As an aside, why more companies don’t know this, and don’t take steps to retain their top talent in the face of such relentless poaching, I will never know. I have to imagine it would cost less, on balance.

Real Numbers

To backup some of what I’m saying, I searched through some online job postings recently with some keywords from my own resume in my general geographical area. I list them by the years of experience they are asking for and the pay that they are offering (obviously many job postings don’t include salary numbers or specific years experience, so there may be a selection bias here):

  1. New grad, 35k-50k
  2. New grad, 50k-55k
  3. 2+ years experience, 50k-55k
  4. 2+ years experience 50k-70k
  5. 2+ years experience, 60k-70k
  6. 2+ years experience, up to 85k
  7. 1-3 years experience, up to 80k
  8. 3+ years experience, up to 80k
  9. 5+ years experience, 60k-65k
  10. 5+ years experience, 65k-75k
  11. 5+ years experience, 90k-100k
  12. 10+ years experience, 120k-160k

At the start of their career a CS grad can expect about 50k in their first job, probably about 60k (a 20% jump!) after 2 years, probably about 75k after 5 years (a 25% jump!) and 120k if they stick with it for 10 years (a 60% jump!). Now I’m not trying to put dollar signs into anybody’s eyes. For these kinds of numbers you need to work hard and continuously learn new technologies. But what I do want to point out is that a a recruiter blindly offering a 10% starting point for negotiations isn’t doing you any favors at any point.

Don’t Tell

Allison Greene, of AskAManager.org fame agrees with me. [Don’t tell people what you are currently making], especially if you don’t want your salary history to be the guide for your salary future.
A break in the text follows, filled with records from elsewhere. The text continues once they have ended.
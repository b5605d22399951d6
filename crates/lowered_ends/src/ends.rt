//! The types that the value of a node may have, where they are said: of a node that ends with one that makes a value, by the numbers that are noted behind it.
ghost use Rattle.std.specs.Prelude.{◌≡◌, nat_eq, length, map, IfOk, [], if◌then◌else◌};
ghost use Rattle.sail_types.specs.declared.table.Types.{Types};
ghost use Rattle.sail_core.specs.declared.tree.Giver.TheVariants as giver;
ghost use Rattle.sail_core.specs.declared.tree.Kind.TheVariants as kind;
ghost use Rattle.sail_core.specs.Values.{literal_typ};
ghost use Rattle.row_types.specs.Calls.{has_state as has_state_of};
ghost use Rattle.sized_meanings.specs.Present.{gives_at};
ghost use Rattle.checked_meaning.specs.Items.{fixed_typ};
ghost use Rattle.lowered_pieces.specs.Forms.{cases_ends, ends_of, first_end as first_end_of};
ghost use Rattle.lowered_pieces.specs.Keeping.{all_kept as all_kept_of};
ghost use Rattle.std.specs.Option.{option_copied};
ghost use Rattle.lowered_pieces.specs.Mapped.{ends_with as ends_with_of, fixed_end as fixed_end_of};
ghost use Rattle.lowered_pieces.specs.Nodes.{cases_at};
ghost use Rattle.lowered_ends.specs.Ends as spec;
ghost use Rattle.lowered_steps.specs.Found.{indices_of};
ghost use Rattle.lowered_steps.specs.Hands.{types_of};
ghost use Rattle.lowered_ends.specs.Around.{piece_as, piece_for};
ghost use Rattle.lowered_pieces.specs.Places.{Naming};
ghost use Rattle.lowered_steps.specs.Setting.{nodes_in};

use crate::able::{are_suffixes, both};
use crate::around::Around;
use crate::keeping::{all_kept, give_one};
use jib::has_state;
use lowered_steps::{Ends, Setting};
use sail_base::{Items, Text};
use sail_core::{Callee, Core, Giver, Kind, Literal, Statement, Suffix, Way};
use sail_types::{Con, Num, Row};
use size_values::{Sized, Variables, copy_sized, same_sized, truth_of, value_of};
use sized_nodes::Case;
use std::alloc::{AllocError, Global};
use value_indices::Indices;

/// The type of the first case; `()` where there is none, so that no value is made. It fails where memory is wanting.
fn first_end<'a>(alloc: Global, cases: &[Case]) -> Result<Ends<'a>, AllocError>
    ensures { IfOk result (λ ends. types_of ends ≡ first_end_of cases.now) }
{
    match cases {
        [] => Ok(Ends::One(Sized::Unit)),
        [first, ..] => Ok(Ends::One(copy_sized(alloc, &first.gives)?)),
    }
}

/// What is said of values of cases that don't all give one type, where these indices say which numbers they give.
fn kept_ends<'a>(given: &[&Indices], cases: &'a [Case]) -> Ends<'a>
    ensures { types_of result ≡ (if all_kept_of (map indices_of given.now) cases.now then cases_ends cases.now else []) }
{
    if all_kept(given, cases) {
        Ends::Cases(cases)
    } else {
        Ends::Unsaid
    }
}

/// What is said of the value of a node that makes one of so many operands. It fails where memory is wanting.
pub fn made_ends<'a>(
    alloc: Global,
    setting: &Setting<'a>,
    node: u32,
    operands: usize,
) -> Result<Ends<'a>, AllocError>
    ensures { IfOk result (λ ends. types_of ends
        ≡ ends_of (gives_at (nodes_in setting.now) (giver.Node node)) (cases_at node operands (nodes_in setting.now))) }
{
    let cases = setting.cases(node, operands);
    if give_one(cases) {
        return first_end(alloc, cases);
    }
    let given = setting.gives(alloc, Giver::Node(node))?;
    Ok(kept_ends(given.as_slice(), cases))
}

/// The type of a literal. It fails where memory is wanting.
pub fn literal_type(alloc: Global, literal: &Literal) -> Result<Sized, AllocError>
    ensures { IfOk result (λ made. (types : Types) → made ≡ fixed_typ types (literal_typ literal.now)) }
{
    match literal {
        Literal::Unit => Ok(Sized::Unit),
        Literal::Integer(_) => Ok(Sized::Int),
        Literal::Truth(_) => Ok(Sized::Bool),
        Literal::Bit(_) => Ok(Sized::Bit),
        Literal::Bits(word) => Ok(Sized::Bits(word.width() as i128)),
        Literal::String(_) => Ok(Sized::String),
        Literal::Member(place, _) => {
            let numbers = Items::new(alloc);
            let types = Items::new(alloc);
            Ok(Sized::Named(*place, numbers, types))
        }
    }
}

/// The type of the only case, where it goes by no number.
fn fixed_case(cases: &[Case]) -> Option<&Sized>
    ensures { option_copied result ≡ fixed_end_of (cases_ends cases.now) }
{
    match cases {
        [] => None,
        [only] => match only.picked.as_slice() {
            [] => Some(&only.gives),
            _ => None,
        },
        [_, _, ..] => None,
    }
}

/// The type that is said, where it is one whatever the numbers are.
pub fn fixed_end<'b>(ends: &'b Ends<'_>) -> Option<&'b Sized>
    ensures { option_copied result ≡ fixed_end_of (types_of ends.now) }
{
    match ends {
        Ends::Unsaid => None,
        Ends::Cases(cases) => fixed_case(cases),
        Ends::One(typ) => Some(typ),
    }
}

/// Whether one type is said, and is this one.
pub fn ends_with(typ: &Sized, ends: &Ends<'_>) -> bool
    ensures { result ≡ ends_with_of typ.now (fixed_end_of (types_of ends.now)) }
{
    match fixed_end(ends) {
        Some(other) => same_sized(other, typ),
        None => false,
    }
}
My general rule is that you should never tell a recruiter what you are currently making. The one exception to this rule is if you’ve already talked about what you want to make in your next move. If you are making 50k, but want to be making 65k, start with the later number. Here’s an example conversation:

Recruiter: What are you making now and what do you want to make?

Me: I've been doing some research, and it looks like the kinds of jobs I'm
after are paying about 65k. I probably wouldn't be willing to leave my
current position for much less than that. Does that sound right to you?

Recruiter: Yeah, looking at your resume and some jobs, it looks like 65k is
fair. What are you making now?

And at that point, maybe it’s okay to tell what you are currently making, but it shouldn’t matter. You’ve already told what your target range is, and that should be used to inform the negotiations. What you are currently making is completely irrelevant, so why would a recruiter want to know?

In Review

In review, there are a few things to keep in mind about recruiters before you get involved with them:

  1. You don’t pay them, so they don’t work for you. You aren’t the client, you are the product
  2. Getting you any deal quickly is better for the recruiter than getting you the best deal possible
  3. Don’t tell them what you are currently making. Some recruiters will refuse to work with you because of this. That’s fine. There are always more recruiters out there.
  4. Do some research on your own and make sure you know what you are worth. Don’t let a recruiter or anybody railroad you into a bad deal just because it’s quick.
  5. Some recruiters can be very unscrupulous. Beware.

I’ve worked with some good recruiters in the past and I would work with some of them in the future too, if the opportunity arose. Just make sure that, if you choose to go this route, that you understand the relationship and take steps to protect yourself.